> Problem
Which lines of the entries below hold the word "continue"? Report each of them.

--------

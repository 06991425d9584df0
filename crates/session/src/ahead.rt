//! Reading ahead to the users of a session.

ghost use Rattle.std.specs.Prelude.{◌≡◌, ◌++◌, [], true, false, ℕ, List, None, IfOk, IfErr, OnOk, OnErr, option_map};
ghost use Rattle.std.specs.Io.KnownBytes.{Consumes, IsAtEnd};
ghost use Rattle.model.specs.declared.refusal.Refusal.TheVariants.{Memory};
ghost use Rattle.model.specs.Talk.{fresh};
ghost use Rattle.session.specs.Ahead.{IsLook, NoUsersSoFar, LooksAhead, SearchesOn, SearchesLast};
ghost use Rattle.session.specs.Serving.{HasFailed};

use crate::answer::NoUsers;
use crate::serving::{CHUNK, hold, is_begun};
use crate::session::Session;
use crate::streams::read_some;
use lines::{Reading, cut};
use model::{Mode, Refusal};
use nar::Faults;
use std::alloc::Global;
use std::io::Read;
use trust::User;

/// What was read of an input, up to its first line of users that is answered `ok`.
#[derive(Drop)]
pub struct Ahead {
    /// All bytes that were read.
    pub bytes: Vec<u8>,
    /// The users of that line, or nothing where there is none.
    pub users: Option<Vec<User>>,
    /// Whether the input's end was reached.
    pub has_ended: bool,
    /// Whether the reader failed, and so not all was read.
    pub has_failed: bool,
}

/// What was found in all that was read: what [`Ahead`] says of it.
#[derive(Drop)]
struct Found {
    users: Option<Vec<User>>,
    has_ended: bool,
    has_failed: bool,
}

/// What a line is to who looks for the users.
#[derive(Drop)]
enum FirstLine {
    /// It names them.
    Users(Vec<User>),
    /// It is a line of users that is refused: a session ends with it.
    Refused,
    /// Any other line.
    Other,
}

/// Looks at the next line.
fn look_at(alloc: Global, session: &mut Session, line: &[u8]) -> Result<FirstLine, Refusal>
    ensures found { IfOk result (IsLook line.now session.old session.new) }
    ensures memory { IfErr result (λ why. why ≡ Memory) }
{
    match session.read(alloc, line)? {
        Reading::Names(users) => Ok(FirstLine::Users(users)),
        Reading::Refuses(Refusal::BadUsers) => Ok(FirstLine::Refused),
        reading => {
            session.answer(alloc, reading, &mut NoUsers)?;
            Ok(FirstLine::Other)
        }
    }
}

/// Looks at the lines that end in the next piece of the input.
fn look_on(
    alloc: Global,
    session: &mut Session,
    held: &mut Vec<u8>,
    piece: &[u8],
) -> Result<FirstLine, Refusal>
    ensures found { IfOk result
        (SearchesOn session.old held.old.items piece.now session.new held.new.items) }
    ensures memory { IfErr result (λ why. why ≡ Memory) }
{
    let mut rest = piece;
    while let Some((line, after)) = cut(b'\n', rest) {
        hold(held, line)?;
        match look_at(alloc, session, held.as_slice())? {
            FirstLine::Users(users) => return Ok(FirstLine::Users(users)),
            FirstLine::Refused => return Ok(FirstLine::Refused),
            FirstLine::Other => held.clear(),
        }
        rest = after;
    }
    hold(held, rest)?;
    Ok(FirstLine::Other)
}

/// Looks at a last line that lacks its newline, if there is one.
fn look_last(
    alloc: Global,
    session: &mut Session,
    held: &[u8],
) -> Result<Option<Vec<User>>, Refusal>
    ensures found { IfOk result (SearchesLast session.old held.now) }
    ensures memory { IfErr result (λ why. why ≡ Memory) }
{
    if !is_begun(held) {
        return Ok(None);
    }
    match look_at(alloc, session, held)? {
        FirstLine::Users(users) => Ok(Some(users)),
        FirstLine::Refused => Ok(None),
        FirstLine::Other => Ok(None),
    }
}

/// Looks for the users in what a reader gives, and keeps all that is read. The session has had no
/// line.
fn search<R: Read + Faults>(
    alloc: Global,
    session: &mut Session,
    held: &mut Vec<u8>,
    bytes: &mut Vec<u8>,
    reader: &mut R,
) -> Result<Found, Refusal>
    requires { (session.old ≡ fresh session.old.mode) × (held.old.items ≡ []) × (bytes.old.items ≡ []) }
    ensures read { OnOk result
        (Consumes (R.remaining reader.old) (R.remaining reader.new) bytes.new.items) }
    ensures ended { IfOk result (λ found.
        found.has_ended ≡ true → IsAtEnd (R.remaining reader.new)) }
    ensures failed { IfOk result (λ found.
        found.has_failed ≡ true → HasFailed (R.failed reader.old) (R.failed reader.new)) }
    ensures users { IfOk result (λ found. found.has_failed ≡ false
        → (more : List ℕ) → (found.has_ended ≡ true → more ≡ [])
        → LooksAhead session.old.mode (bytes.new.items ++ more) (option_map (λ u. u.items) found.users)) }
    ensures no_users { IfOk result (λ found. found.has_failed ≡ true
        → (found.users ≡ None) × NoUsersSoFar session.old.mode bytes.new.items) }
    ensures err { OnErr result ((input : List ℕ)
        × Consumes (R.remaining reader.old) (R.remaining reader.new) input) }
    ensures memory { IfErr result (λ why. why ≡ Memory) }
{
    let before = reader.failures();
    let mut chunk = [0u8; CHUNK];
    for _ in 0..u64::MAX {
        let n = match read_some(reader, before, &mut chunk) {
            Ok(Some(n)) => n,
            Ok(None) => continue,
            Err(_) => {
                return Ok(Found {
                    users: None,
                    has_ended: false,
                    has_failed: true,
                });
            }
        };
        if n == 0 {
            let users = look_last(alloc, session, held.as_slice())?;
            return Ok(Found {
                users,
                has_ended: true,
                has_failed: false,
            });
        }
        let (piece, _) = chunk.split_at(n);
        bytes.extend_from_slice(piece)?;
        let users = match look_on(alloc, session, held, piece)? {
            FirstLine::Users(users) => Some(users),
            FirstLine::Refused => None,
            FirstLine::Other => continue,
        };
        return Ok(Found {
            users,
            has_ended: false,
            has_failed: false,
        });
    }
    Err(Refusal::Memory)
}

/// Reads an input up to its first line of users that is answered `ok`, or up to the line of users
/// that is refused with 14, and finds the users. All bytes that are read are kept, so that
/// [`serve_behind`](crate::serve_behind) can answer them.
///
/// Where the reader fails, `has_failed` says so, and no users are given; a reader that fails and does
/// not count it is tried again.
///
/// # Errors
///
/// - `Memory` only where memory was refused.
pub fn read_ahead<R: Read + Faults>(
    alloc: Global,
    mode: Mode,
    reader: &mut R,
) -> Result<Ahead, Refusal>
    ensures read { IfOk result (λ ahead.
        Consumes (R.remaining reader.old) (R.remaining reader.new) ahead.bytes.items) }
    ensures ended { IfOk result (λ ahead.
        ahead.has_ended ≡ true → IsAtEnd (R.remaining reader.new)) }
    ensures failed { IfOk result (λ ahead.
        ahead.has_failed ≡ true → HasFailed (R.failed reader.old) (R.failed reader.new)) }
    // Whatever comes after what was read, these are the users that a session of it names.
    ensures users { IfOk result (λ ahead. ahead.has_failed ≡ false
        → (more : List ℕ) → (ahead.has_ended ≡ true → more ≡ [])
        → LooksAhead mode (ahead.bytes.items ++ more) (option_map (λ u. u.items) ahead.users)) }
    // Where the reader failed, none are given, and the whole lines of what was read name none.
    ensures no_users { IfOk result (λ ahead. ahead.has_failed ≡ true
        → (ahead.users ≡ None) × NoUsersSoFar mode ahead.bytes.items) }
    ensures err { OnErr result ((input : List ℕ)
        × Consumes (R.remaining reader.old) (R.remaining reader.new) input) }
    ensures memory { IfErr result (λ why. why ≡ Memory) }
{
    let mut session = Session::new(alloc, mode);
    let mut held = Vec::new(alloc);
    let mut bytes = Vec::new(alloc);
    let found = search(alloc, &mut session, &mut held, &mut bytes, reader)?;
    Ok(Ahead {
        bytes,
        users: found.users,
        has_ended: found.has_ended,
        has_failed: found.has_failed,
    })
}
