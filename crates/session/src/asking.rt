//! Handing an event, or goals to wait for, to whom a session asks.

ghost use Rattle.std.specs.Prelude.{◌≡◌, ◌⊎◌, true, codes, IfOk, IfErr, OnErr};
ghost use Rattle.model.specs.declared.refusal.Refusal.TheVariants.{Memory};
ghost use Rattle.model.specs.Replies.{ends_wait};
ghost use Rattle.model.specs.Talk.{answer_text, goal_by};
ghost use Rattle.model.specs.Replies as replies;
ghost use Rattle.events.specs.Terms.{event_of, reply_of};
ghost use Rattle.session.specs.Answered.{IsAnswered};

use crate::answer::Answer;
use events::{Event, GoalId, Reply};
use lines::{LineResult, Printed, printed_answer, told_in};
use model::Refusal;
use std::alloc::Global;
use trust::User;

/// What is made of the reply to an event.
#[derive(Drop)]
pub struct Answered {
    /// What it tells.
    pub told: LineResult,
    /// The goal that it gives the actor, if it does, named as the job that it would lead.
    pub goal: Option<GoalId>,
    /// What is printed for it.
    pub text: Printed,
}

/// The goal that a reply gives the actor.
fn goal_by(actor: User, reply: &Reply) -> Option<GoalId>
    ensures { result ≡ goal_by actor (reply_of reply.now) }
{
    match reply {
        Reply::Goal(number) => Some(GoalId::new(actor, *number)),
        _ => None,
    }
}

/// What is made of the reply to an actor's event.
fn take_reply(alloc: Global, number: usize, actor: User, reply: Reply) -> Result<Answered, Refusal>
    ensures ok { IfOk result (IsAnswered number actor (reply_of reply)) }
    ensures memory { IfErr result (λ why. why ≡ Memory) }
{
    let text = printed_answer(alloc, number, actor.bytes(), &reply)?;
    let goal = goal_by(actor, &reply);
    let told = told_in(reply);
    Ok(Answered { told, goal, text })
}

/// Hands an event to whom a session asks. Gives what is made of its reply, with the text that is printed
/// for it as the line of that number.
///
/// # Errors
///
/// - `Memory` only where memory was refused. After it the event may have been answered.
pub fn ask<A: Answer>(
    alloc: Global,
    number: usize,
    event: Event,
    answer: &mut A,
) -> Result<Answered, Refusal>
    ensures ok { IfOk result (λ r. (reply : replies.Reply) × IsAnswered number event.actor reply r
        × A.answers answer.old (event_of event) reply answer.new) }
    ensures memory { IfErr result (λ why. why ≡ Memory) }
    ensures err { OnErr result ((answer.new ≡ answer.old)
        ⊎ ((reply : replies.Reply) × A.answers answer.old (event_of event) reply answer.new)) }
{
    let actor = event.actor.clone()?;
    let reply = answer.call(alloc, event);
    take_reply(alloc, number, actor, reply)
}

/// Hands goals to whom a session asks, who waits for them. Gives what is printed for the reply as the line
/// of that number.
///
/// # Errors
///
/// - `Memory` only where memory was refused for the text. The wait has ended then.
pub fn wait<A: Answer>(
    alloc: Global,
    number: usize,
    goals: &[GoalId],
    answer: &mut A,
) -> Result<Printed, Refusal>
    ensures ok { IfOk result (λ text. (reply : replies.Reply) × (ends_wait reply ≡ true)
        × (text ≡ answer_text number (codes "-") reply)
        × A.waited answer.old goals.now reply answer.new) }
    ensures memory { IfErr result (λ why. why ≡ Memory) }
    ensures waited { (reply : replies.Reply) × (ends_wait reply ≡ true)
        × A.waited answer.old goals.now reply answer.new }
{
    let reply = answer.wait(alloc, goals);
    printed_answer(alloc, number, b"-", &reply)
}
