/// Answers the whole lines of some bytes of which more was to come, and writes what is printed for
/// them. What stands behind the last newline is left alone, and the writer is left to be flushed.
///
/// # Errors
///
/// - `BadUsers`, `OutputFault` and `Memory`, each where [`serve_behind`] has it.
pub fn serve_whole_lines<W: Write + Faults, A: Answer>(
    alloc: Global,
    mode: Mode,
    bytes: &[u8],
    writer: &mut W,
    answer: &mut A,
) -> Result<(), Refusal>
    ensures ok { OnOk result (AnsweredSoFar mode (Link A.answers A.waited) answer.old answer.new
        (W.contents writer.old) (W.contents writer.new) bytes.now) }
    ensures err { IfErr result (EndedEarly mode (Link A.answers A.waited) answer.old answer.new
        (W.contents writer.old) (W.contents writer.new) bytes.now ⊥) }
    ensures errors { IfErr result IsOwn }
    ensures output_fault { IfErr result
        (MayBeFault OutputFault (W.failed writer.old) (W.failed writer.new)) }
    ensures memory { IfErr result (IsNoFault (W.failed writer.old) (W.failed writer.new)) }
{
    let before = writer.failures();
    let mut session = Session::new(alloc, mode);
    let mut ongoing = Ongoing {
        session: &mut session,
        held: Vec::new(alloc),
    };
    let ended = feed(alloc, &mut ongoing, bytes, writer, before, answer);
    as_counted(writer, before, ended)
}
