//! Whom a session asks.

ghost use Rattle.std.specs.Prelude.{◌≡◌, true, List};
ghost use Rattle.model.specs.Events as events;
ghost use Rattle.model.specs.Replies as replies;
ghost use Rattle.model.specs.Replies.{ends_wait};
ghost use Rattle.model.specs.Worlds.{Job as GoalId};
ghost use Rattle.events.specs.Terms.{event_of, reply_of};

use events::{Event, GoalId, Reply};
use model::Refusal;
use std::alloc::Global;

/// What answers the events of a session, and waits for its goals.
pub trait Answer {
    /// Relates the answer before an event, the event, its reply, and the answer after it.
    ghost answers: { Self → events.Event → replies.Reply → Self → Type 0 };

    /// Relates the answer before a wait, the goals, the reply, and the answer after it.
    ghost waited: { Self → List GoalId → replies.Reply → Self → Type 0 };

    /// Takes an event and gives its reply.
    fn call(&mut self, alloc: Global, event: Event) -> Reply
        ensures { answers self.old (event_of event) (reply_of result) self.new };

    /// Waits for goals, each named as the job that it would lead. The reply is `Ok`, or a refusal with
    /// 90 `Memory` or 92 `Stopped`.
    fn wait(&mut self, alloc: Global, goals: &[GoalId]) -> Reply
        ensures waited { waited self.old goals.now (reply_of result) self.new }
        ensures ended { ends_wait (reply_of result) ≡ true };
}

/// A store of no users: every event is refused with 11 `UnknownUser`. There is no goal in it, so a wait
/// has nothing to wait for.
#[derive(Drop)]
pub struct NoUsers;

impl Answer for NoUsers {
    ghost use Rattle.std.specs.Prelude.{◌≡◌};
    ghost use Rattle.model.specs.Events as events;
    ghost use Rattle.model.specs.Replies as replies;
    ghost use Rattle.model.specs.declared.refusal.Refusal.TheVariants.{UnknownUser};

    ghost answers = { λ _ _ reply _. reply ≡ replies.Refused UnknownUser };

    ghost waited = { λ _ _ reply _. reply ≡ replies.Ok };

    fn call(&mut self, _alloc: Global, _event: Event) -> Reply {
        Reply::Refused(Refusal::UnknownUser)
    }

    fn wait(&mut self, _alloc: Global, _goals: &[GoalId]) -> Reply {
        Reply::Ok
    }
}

--------

> Answer to this problem
            Ok(None) => continue,
            FirstLine::Other => continue,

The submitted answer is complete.